- Opening Delimiter -

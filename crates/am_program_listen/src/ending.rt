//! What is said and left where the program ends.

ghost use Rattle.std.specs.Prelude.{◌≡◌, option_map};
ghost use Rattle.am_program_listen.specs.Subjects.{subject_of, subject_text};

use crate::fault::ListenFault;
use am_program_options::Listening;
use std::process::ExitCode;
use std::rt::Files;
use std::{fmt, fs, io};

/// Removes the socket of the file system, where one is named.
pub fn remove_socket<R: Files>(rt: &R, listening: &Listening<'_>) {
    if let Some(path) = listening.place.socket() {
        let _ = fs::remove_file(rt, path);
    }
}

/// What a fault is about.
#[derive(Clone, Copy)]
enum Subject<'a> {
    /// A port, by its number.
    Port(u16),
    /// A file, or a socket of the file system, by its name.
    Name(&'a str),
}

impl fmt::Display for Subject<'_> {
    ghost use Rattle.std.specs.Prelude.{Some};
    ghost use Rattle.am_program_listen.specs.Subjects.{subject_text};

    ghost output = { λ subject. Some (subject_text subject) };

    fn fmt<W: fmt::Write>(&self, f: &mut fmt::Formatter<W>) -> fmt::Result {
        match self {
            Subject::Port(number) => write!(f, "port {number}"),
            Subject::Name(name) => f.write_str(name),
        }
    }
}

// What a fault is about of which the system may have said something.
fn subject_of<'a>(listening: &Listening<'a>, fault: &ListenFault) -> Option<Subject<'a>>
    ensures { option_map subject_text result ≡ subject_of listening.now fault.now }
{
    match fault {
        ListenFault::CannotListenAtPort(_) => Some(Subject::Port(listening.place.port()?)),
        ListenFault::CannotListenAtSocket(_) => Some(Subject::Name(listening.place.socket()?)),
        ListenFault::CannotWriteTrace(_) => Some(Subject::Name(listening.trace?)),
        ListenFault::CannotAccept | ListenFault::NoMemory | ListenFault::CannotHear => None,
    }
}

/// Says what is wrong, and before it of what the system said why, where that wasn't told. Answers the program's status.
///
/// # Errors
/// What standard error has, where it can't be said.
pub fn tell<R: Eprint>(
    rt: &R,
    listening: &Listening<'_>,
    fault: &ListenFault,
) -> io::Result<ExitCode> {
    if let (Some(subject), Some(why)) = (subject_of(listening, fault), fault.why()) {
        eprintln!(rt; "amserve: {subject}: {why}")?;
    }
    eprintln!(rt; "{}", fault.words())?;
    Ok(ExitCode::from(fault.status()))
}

- Closing Delimiter -

_Aim of the task_:
Show each line from the listing above that includes the word "about".

_Task output_:
/// What a fault is about.
// What a fault is about of which the system may have said something.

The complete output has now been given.